この記事は表面的で静的な議論に終始している。さらに,議論の正確性を追求してだろうが,時間スケールも「高々数年から10年」というところの議論で,おそらく10年後まで状況が変わらないとみるのは不可能だろう。したがって,「今後5年以内には,人間の仕事はなくならない。」ということについてはほぼ同意する。しかし,AIやRPAのポテンシャルを考えれば10年後に人間でなければできない仕事はほとんど存在しないと考えておくほうが現実的だろう。後は「効率」の問題だ。今後も,世界中のネットワークにつながったコンピュータの数は幾何級数ないしは指数関数的に増大するだろう。したがって,今後も「当分の間」「ムーアの法則」的な速度で計算能力の総量は増大する。この計算パワーをAIやRPAが利用する。さらに,RPAやAIは相互に連携するようになるだろう。人間の事務的労働のモデルとしての「IPO」のうちの「P」を人間がやるかAI,RPAがやるかになる。「創造的な」作業とはなんだろうか。ここでの議論も恣意的で暗黙の裡に了解されたところでの議論になっているが,その了解が正しいか?「暗黙の了解」が本当にかみ合っているか。その議論が不十分だ。
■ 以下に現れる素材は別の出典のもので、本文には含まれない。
// A text that is read piece by piece.
ghost use Rattle.std.specs.Prelude.{◌≤◌, length};

use crate::pieces::Spot;

// The bytes that a piece comes to: bytes of the text as they stand, or the encoding of a scalar value.
#[derive(Clone, Copy)]
pub enum Bytes<'a> {
    AsTheyStand(&'a [u8]),
    Encoded(utf8::Encoded),
}

// A place in a text that is read with an indentation, and what stands there.
#[derive(Clone, Copy)]
pub struct Cursor<'a> {
    pub text: &'a [u8],
    pub indent: &'a [u8],
    pub at: usize,
    pub spot: Spot,
    pub ghost within: { at ≤ length text.now },
}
さらに「チューリングテスト」で創造的な仕事をする人(たとえば脚本家)の仕事をAIに対照的にやらせてみて,区別ができないようなレベルのシナリオのアウトプットが出てきたら(10年後にはできるかもしれない)創造的な仕事も少なくとも一部はAIやRPAに置き換わる。重要なことはコストは「劇的に」下がり,「ほどほどの」品質のものはできるだろうということだ。それによって,世界の現在の労働需要の20%が置き換えによって10年後に消失すると仮定して,さらにその置き換える労働量が年率20%ずつ増加するとしたらそれに見合う労働需要をこの社会・経済システムは創生できるのだろうか。この仮定が合理的とは思わないが,花は無しく非現実的とも思わない。我々はそういう時代に生きていると認識している。(2017/02/28 17:22)
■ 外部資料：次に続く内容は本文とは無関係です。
// What a text begins with, by how it is read.
ghost use Rattle.std.specs.Prelude.{◌≡◌};
ghost use Rattle.text.specs.Bytes.{part};
ghost use Rattle.unescape_pieces.specs.declared.start.Start.TheVariants.{Plain};
ghost use Rattle.unescape_pieces.specs.Pieces.{entry_start, block_start, start_of, Lies};

use crate::pieces::{Spot, len_before};
use text::Part;

// How a text is read: as it stands, as a key or a value, or as a multiline value.
#[derive(Clone, Copy)]
pub enum Style {
    AsIs,
    Entry,
    Block,
}

// What becomes of a text: a part of it is plain, or it is written piece by piece from a place on. A Cursor in place of
// the place would bring the lent bytes into the rule, which goes by bytes alone.
#[derive(Clone, Copy)]
pub enum Start {
    Plain(Part),
    Pieces(usize, Spot),
}

// The part from start to before end is plain.
fn plain(start: usize, end: usize) -> Start
    ensures { result ≡ Plain (part start end) }
{
    Start::Plain(Part { start, end })
}

// A key or a value: plain without quotes, or with quotes at both ends and nothing between that has to be unescaped.
#[tactic(auto, unfolding(crate::specs::Pieces::entry_start))]
fn entry_start(s: &[u8]) -> Start
    ensures value { result ≡ entry_start s.now }
    ensures within { Lies result s.now }
{
    let Some((&b, rest)) = s.split_first() else {
        return plain(0, 0);
    };
    if b != b'"' {
        return plain(0, s.len());
    }
    let end = 1 + len_before(b'\\', rest);
    if end + 1 != s.len() {
        return Start::Pieces(1, Spot::Quotes);
    }
    if s[end] == b'"' {
        plain(1, end)
    } else {
        Start::Pieces(1, Spot::Quotes)
    }
}

// A multiline value: plain without CR or LF.
#[tactic(auto, unfolding(crate::specs::Pieces::block_start))]
fn block_start(s: &[u8]) -> Start
    ensures value { result ≡ block_start s.now }
    ensures within { Lies result s.now }
{
    if text::line_end(s) == s.len() {
        plain(0, s.len())
    } else {
        Start::Pieces(0, Spot::FirstLine)
    }
}

// What becomes of a text, by how it is read.
#[tactic(auto, unfolding(crate::specs::Pieces::start_of))]
pub fn start_of(style: Style, s: &[u8]) -> Start
    ensures value { result ≡ start_of style s.now }
    ensures within { Lies result s.now }
{
    match style {
        Style::AsIs => plain(0, s.len()),
        Style::Entry => entry_start(s),
        Style::Block => block_start(s),
    }
}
「人手不足」が多くの企業や商店で叫ばれているが、この絶好の機会に「ロボット化」による生産性向上に取り組む企業は悲しくなる程少ない。「人手不足」の殆どが「安い労働力の不足」であり、高い給料出してでも欲しい労働力ではないのだ。だから、多くの経営者には金の掛かるロボット化を推進する気もない。私の友人の一人は68歳になった今も「正社員」として働き続けている。彼は現在週休4日で稼働日は火曜日から木曜日までの3日間のみで、給料はその稼働日現象に比して減少しているので、年金も満額受給している。然も仕事が忙しくなると、実質は週休2日になり、休日出勤の代休もなし。聞くと、会社は若い人を採用したいが、給料が安過ぎて応募がないとのこと。会社も年はとっても仕事は良く分かっているし、給料も安い高齢社員の方がコストパーフォーマンスも良いので、会社全体の老齢化が進んでいると言う。このままではあと数年すると、会社は仕事を請け負うだけの社員が足りず消滅するしかなくなるだろう。この様な会社は現在日本には「掃いて捨てるほど」存在していると思う。心ある経営者は、是非ロボット化やAI採用などによる生産性向上に投資して欲しい。それが日本全体の生産性を上げ、国民一人当たりのドルベースのGDPを引き上げる事になる。ありとあらゆる手段を講じて「安い労働力」を集める事からは卒業して欲しい。(2017/02/24 11:34)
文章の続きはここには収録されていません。